** Opening STUDY MATERIAL block **

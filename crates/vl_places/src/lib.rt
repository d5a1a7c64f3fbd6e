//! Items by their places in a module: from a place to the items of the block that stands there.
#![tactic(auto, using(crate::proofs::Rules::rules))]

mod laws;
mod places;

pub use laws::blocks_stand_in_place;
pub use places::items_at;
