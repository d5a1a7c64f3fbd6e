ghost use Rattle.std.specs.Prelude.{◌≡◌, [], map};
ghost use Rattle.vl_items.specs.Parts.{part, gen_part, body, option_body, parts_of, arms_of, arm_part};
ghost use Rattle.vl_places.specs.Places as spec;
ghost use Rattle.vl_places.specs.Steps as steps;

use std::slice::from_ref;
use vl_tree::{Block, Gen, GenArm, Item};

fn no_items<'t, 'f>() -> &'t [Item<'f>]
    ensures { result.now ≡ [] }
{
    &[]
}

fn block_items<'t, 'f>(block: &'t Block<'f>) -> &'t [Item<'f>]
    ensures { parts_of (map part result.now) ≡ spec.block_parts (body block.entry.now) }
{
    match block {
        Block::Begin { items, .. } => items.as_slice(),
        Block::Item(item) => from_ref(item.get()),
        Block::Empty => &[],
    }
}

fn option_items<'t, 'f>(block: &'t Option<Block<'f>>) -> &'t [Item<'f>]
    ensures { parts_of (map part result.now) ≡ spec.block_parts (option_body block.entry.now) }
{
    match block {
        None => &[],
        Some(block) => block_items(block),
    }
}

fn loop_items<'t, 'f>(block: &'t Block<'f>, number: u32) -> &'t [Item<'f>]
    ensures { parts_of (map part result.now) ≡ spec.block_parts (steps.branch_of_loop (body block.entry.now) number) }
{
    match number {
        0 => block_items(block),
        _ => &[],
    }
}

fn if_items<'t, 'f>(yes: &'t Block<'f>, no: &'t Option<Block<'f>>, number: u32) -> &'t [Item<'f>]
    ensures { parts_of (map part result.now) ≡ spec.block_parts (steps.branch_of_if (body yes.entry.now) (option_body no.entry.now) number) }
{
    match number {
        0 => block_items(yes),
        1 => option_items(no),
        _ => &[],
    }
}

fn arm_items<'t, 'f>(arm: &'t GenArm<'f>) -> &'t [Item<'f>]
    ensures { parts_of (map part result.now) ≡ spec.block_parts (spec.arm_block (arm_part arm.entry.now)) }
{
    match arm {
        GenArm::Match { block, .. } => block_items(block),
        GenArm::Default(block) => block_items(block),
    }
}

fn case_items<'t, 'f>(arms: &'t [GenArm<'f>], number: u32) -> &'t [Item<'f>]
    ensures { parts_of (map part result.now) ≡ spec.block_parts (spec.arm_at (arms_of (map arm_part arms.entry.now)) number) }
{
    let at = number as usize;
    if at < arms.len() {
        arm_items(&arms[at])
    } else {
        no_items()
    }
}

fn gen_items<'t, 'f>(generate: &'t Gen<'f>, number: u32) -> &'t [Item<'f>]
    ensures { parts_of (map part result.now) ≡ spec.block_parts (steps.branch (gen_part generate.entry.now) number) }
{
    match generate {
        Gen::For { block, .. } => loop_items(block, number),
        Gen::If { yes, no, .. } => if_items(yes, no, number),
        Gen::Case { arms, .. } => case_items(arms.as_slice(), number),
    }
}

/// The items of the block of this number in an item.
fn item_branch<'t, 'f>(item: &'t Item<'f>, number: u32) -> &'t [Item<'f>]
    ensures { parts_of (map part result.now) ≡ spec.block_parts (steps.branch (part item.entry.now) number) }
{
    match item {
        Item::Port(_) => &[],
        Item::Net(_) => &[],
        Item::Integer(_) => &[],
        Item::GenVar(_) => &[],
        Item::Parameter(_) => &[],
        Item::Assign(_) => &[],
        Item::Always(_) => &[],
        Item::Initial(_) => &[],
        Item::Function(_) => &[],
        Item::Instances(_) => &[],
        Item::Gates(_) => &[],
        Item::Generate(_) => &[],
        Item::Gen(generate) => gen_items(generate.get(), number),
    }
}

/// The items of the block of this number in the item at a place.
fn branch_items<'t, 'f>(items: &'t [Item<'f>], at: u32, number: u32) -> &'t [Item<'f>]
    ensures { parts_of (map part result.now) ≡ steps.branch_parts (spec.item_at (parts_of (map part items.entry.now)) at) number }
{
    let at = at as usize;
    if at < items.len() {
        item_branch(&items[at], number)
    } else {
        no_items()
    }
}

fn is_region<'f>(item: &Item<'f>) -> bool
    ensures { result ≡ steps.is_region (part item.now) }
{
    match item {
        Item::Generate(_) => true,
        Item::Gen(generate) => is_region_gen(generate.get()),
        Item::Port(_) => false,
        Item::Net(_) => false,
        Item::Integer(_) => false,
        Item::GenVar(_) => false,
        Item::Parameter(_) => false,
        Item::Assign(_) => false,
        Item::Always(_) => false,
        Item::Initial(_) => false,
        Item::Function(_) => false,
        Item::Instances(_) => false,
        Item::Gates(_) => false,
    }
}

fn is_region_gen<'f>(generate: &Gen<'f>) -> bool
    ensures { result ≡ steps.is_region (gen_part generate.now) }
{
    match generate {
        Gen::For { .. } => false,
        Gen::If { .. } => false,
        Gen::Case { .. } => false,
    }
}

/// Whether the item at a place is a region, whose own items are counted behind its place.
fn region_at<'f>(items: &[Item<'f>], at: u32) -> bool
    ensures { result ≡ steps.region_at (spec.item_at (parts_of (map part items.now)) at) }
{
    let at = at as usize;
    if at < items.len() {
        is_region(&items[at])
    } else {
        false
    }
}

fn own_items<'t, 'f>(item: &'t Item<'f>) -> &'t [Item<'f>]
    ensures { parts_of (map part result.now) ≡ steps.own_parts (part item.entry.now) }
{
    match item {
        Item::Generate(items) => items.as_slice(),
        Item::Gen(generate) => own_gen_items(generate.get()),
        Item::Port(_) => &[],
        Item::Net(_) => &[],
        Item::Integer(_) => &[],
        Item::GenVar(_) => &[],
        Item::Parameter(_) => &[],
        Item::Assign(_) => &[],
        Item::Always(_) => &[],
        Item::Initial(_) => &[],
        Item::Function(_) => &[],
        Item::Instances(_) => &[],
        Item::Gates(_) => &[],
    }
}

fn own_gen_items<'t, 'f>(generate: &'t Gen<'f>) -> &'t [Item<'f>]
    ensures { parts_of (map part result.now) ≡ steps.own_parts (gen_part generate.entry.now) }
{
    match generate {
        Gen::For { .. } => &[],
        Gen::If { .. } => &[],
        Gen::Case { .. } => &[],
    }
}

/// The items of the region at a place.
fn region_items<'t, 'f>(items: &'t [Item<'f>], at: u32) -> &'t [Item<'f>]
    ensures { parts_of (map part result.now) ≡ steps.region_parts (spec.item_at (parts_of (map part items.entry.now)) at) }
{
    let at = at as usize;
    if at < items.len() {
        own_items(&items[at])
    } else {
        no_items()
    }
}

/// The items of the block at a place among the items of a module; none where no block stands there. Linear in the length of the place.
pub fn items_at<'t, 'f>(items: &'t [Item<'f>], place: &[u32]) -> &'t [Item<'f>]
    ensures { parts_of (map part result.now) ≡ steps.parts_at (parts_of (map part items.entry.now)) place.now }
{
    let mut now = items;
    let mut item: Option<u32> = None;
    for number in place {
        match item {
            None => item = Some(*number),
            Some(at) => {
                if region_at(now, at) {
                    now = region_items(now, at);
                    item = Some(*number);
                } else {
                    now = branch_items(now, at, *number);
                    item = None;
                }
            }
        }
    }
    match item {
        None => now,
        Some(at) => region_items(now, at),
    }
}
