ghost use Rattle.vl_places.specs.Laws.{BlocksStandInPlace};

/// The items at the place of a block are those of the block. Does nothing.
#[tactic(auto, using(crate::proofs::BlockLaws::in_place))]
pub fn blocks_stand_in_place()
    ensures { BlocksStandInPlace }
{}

** Closing STUDY MATERIAL block **

Report the total of lines above containing the string "bool", and write nothing besides it.

3